Monday, April 23, 2007

NDTV.com

NDTV.com
EC changed face of Bihar elections



Election Commisssion and fair Elections in India


Prakash Singh
Monday, April 23, 2007 (Patna)
Gun firing, men scurrying around, booths being captured; it is what elections in Bihar once meant. This was until 1995 when Bihar witnessed its first high security khaki election.

It was an election that T N Seshan, the 10th Chief Election Commissioner of India, had made his battleground.

Large battalions of armies were spread across the state so people could cast votes fearlessly.

Voter turnout touched an all-time high at 60 per cent, mainly because Bihar's OBCs - so suppressed by the threat of upper-caste retaliation - came out to vote in strength.

The man they swept to power in that historic election was Laloo Yadav.

Today the great irony is that Laloo has only criticism for high security elections.

''These huge expenses on elections are just a waste of the taxpayers' money,'' Yadav said.

Laloo's anger today to high security elections is understandable.

In 2005 the wheel had come full circle.

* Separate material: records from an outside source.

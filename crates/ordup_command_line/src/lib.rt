//! The command line: jobs, help and version. `job_of` says which job the words ask for.
//!
//! It stands on the library clap and on no crate of ordup. The check of what clap asks for is long, and so it is made once and not
//! again with each change of the program. No contract says which job the words ask for: `checks/outside` tries that.
#![tactic(auto)]

mod command_line;

pub use command_line::{FILE_TIP, Job, job_of};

Laloo and Rabri Devi were fighting a make or break election and there were fears that his regime would prevent a fair election.

Drastic methods

It is when K J Rao took up where Seshan had left. Drafted as special observer during Bihar elections, he ordered polling in several rounds.

All tainted officers, even in police, were kept out of election duty.

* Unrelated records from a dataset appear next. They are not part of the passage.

Exit statuses: 0 done, 1 a record that is not valid or an update that is not
acknowledged, 2 wrong words or no such site, 3 input or output failed or the
script did not start, 4 no memory.
The lines, commands, answers and faults: docs/FORMATS.md.
A first script: ./ordup run < examples/first.ordup";

const RUN_HELP: &str = "\
Reads lines from standard input to its end. A script declares, starts the store,
and then makes things happen:

    object N V   group G X..   site S CAP   limit S object X N
    limit S group G N   limit S all N   limit S count N   start
    propose C..   send S   apply S   report S   settle   show S
    begin Q S LIMIT   read Q X   end Q   abandon Q   certify S
    relimit S object X N   relimit S group G N   relimit S all N
    relimit S count N

A change C is add:X:n, set:X:n, mul:X:n, max:X:n, min:X:n or take:X:Y.

Prints an answer line for each, on standard output: `ok ..`, or
`refused N NAME`, after which all is as it was. Blank lines and lines that begin
with # are skipped. Five lines, and their answers:

    object x 0         ok object x
    site a 4           ok site a
    start              ok start
    propose add:x:5    ok proposed 1
    settle             ok acked 1

With --explain each refused line has a line on standard error too, which says what
is wrong and what to do:

    line 7: refused 1 Syntax: there is a tab: put spaces in its place

Exit statuses: 0 for every script that was read to its end, also where commands
were refused, but with --strict 1 then. 3 with `read fault`, `write fault` or `input too long` (more than
1,073,741,824 bytes) on standard error, 4 with `no memory`, 2 for wrong words.
The commands, their refusals and their answers: docs/FORMATS.md";

const RECORD_HELP: &str = "\
Reads a script from standard input to its end and prints no answers. Then it
prints the record of the site as rows of comma-separated values: what was
declared, the updates that were decided, what the site had reported at each
decision, its forced rounds, and a window of updates for each of them, which is
over a limit alone. For example, of a site with a limit of 5 on x:

    ./ordup record a < FILE
    ordup,1,a,2                site a, of which 2 updates were decided
    object,1,x,0
    limit,1,object:x,5
    change,1,1,add:x:5
    change,2,1,add:x:1
    round,1,2,-                forced at update 2
    window,1,0,2               updates 1 to 2 are over the limit

Exit statuses: 0 the record was printed; 2 with `refused 8 UnknownSite` on
standard error, or for wrong words; 3 with `refused 2 NotStarted`, `read fault`,
`write fault` or `input too long`; 4 with `no memory`.
The rows: docs/FORMATS.md";

const CHECK_HELP: &str = "\
Reads a record from standard input and prints `yes N` where it shows that no
schedule that keeps the limits has fewer than its N rounds, else `no ROW REASON`:
the first reason why it does not, and the row, counted from 1:

    ./ordup record a < FILE | ./ordup check
    yes 1

The reasons, in the order in which they are looked for: NotLegal, LimitsBroken,
WindowLight, WindowsMeet, WindowBeforeReport, CountDiffers.

With --series it reads the records of a site, one after another, of a store and of
those that go on from it. It prints `yes N` for the N rounds of all, or the first
reason and its record: `no RECORD ROW REASON`. NotNext says that a record does not
begin with what the one before ended with.

With --sites it reads the records of several sites of one store, one after another,
and answers in the same way. NotSame says that the objects, the groups or the
updates of a record are not those of the records before it. A record may end sooner.

Exit statuses: 0 yes, 1 no; 3 with `malformed ROW` (the first row that breaks a
rule of the format; of several records `malformed RECORD ROW`), `read fault` (also
for input that is too long) or `write fault` on standard error; 4 with `no memory`;
2 for wrong words.
The rows, and each reason: docs/FORMATS.md";

const LAG_HELP: &str = "\
Reads the record of a site from standard input, as `ordup check` does, and
prints comma-separated values: a header, and a row for each decided update.

    place,reported,weight object:x,amount object:x,round,window
    1,0,5,5,0,1
    2,0,6,5,1,1

A row has the place of the update and what the site had reported when it was
decided. Then come two cells for each limit of the site: what the updates from
there to the place weigh, and the amount in force. Both are empty where the limit
began later. The last two are 1 at a forced round and else 0, and the number of
the window that has the place, if any.

Of a record that is not valid it prints what `ordup check` prints: `no ROW REASON`.

With --series it reads the records of a site, one after another. Places, reports
and windows are counted on, and each record has a header of its own. Where
`ordup check --series` has a reason against a record, its answer comes after the
lag of the records before.

Exit statuses: 0 the lag, 1 not valid; 3 with `malformed ROW` (the first row that
breaks a rule of the format; of a series `malformed RECORD ROW`), `read fault`
(also for input that is too long) or `write fault` on standard error; 4 with
`no memory`; 2 for wrong words.
The cells: docs/FORMATS.md. A picture of them: examples/lag.gp";

const NEXT_HELP: &str = "\
Reads a script from standard input to its end and prints no answers. Then it
prints the declarations of the successor of its store, as lines of a script:
each object with its value after the last update, the groups, the sites with the
capacities of their feeds, the last limits of each site, and `start`:

    object x 0             object x 6
    site a 4               site a 4
    limit a object x 9     limit a object x 9
    start                  start
    propose add:x:6
    settle

Every update must be acknowledged: `settle` until none waits.

With --record it reads the record of a site, as `ordup check` does, and prints the
objects with their values after the last decided update, and the groups. Of a
record that is not valid it prints what `ordup check` prints: `no ROW REASON`.

Exit statuses: 0 the declarations; 1 with `refused 22 NotYet N` on standard error,
where update N is the last and one is not acknowledged, or for a record that is
not valid; 3 with `refused 2 NotStarted`, `malformed ROW`, `read fault`,
`write fault` or `input too long`; 4 with `no memory`; 2 for wrong words.
One store after another: docs/FORMATS.md";

const THREADS_HELP: &str = "\
Reads a plan from standard input to its end: declarations, `start`, and then
proposals alone, in the lines of a script. Each site has a thread that applies
what comes to it, and CLIENTS callers in threads of their own propose the sets:
the first set goes to the first caller, the next to the next, and again from the
first. Then it prints what came of it:

    object x 0           log 2
    site a 4             refused 0
    limit a all 0        pending 0
    start                site a applied 2 rounds 2 x=2
    propose add:x:1      certified a 2
    propose add:x:1

The first lines say how many proposals are in the log, how many were refused,
and how many were not acknowledged within 1,000,000 turns of their caller. The
lines of a site say how many updates it applied, its forced rounds, its values,
and the number of rounds that no schedule that keeps its limits goes below. With
several callers the order of the log depends on how the threads meet.

Exit statuses: 0 done; 3 with `malformed LINE` (the first line that does not
belong), `read fault`, `write fault` or `input too long` on standard error; 4
with `no memory`, also where a thread cannot be started; 2 for wrong words.
Plans and outcomes: docs/FORMATS.md";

Instead 70,000 policemen from 450 companies of central paramilitary forces were posted across booths. Polling was cancelled if enough security was not available.

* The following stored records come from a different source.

//! The listing of a script: a line for each event, then for each band and each sensor; or the place of what is bad.
#![tactic(auto)]

mod lines;

ghost use Rattle.std.specs.Prelude.{◌≡◌, ◌≤◌, ◌++◌, length, take, IsOk};
ghost use Rattle.output.specs.Filling.{told_in, filled_by};
ghost use Rattle.script.specs.Whole.{most_events, read_script};
ghost use Rattle.run.specs.Outcome.{outcome_in};
ghost use Rattle.report.specs.Lines.{event_lines, drive_lines};
ghost use Rattle.report.specs.Listing.{listing, most_listed};
ghost use Rattle.report.specs.Parts.{Puts, Room, run_lines, Sized};

use answer::Refusal;
use drive::Drive;
use run::Ran;
use script::ScriptError;

/// An output of so many bytes is never too short: 32,766 lines of events at most, 16 of bands and 16 of sensors.
pub const MOST: usize = 426_486;

#[tactic(auto, using(crate::proofs::Putting::first_room, crate::proofs::Putting::next_bound, crate::proofs::Putting::next_room, crate::proofs::Putting::next_put))]
/// Writes the lines of so many events, and then those of the drive that they left, from the output's start.
fn put_done(out: &mut [u8], count: usize, drive: &Drive, answers: &[u8], stops: &[u8]) -> usize
    requires room { Room (event_lines answers.now stops.now count ++ drive_lines drive.now.band_count drive.now.sensor_count drive.now) out.old }
    requires events { (count ≤ length answers.now) × (count ≤ length stops.now) }
    requires rows { (drive.now.band_count ≤ 16) × (drive.now.sensor_count ≤ 16) }
    ensures { Puts (event_lines answers.now stops.now count ++ drive_lines drive.now.band_count drive.now.sensor_count drive.now) out.old result out.new }
{
    let at = lines::put_events(out, answers, stops, count);
    at + lines::put_drive(&mut out[at..], drive)
}

#[tactic(auto, using(crate::proofs::Whole::lines_done, crate::proofs::Whole::lines_bad, crate::proofs::Whole::lines_short, crate::proofs::Whole::sized_done))]
/// Writes the listing that a run's result and its buffers give, from the output's start.
fn put_run(out: &mut [u8], ran: &Ran, answers: &[u8], stops: &[u8]) -> usize
    requires room { Room (run_lines (outcome_in ran.now answers.now stops.now)) out.old }
    requires sized { Sized ran.now answers.now stops.now }
    ensures { Puts (run_lines (outcome_in ran.now answers.now stops.now)) out.old result out.new }
{
    match ran.events {
        Ok(count) => put_done(out, count, &ran.drive, answers, stops),
        Err(ScriptError::Bad { place }) => lines::put_line(out, b'f', &[place as u64]),
        // no event was run
        Err(ScriptError::ShortBuffer) => lines::put_drive(out, &ran.drive),
    }
}

/// A page for every listing. Nothing is ensured of its bytes, so that no proof has to look at them.
fn blank() -> [u8; MOST] {
    [0; MOST]
}

#[tactic(auto, using(crate::proofs::Whole::page_listed, crate::proofs::Putting::number_put))]
/// Writes the listing of a run on a page of its own, which costs an instruction for each of its bytes, and hands it over where it fits.
fn put_by_page(out: &mut [u8], ran: &Ran, answers: &[u8], stops: &[u8]) -> Result<usize, Refusal>
    requires short { length (run_lines (outcome_in ran.now answers.now stops.now)) ≤ most_listed }
    requires sized { Sized ran.now answers.now stops.now }
    ensures { told_in result out.new ≡ filled_by (run_lines (outcome_in ran.now answers.now stops.now)) out.old }
{
    let mut page = blank();
    let length = put_run(&mut page, ran, answers, stops);
    output::fill(&page[..length], out)
}

#[tactic(auto, using(crate::proofs::Whole::ran_sized, crate::proofs::Whole::ran_short, crate::proofs::Whole::ran_room, crate::proofs::Whole::ran_listed))]
/// Lists a script by way of lent memory: a byte for each event in two buffers. An output that is long enough for every listing is written straight.
fn list_by(
    script: &[u8],
    out: &mut [u8],
    answers: &mut [u8],
    stops: &mut [u8],
) -> Result<usize, Refusal>
    requires { (most_events ≤ length answers.old) × (most_events ≤ length stops.old) }
    ensures { told_in result out.new ≡ filled_by (listing (read_script script.now)) out.old }
{
    let ran = run::run(script, run::WHOLE, answers, stops);
    if MOST <= out.len() {
        return Ok(put_run(out, &ran, answers, stops));
    }
    put_by_page(out, &ran, answers, stops)
}

#[tactic(auto, using(crate::proofs::Whole::long_enough))]
/// Lists a script into the lent output, from its start, and tells how many bytes it wrote. The refusal `ShortBuffer`, of an output that is shorter
/// than its listing, leaves the output as it was.
pub fn list(script: &[u8], out: &mut [u8]) -> Result<usize, Refusal>
    ensures out_after { told_in result out.new ≡ filled_by (listing (read_script script.now)) out.old }
    ensures enough { most_listed ≤ length out.old → IsOk result }
{
    let mut answers = [0; run::MOST_EVENTS];
    let mut stops = [0; run::MOST_EVENTS];
    list_by(script, out, &mut answers, &mut stops)
}

/// The first items of a page; all of it where it has no more.
pub fn first<T>(page: &[T], count: usize) -> &[T]
    ensures { result.now ≡ take count page.now }
{
    page.get(..count).unwrap_or(page)
}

But it was a hung assembly and Bihar went to polls again. Rao geared up yet again with more drastic methods.

Honest officers were airlifted and rotated between polling booths and all those with warrant pending against them were rounded up.

''I am happy that the election process has been completed. The credit goes to the Election Commission. I am happy. I'm sure it makes you happy as well,'' Rao had said.

In ten years, from Seshan to Rao, the face of Bihar's elections had changed completely. From bloody battles to peaceful polling where the only guns on the scene belonged to men in khaki.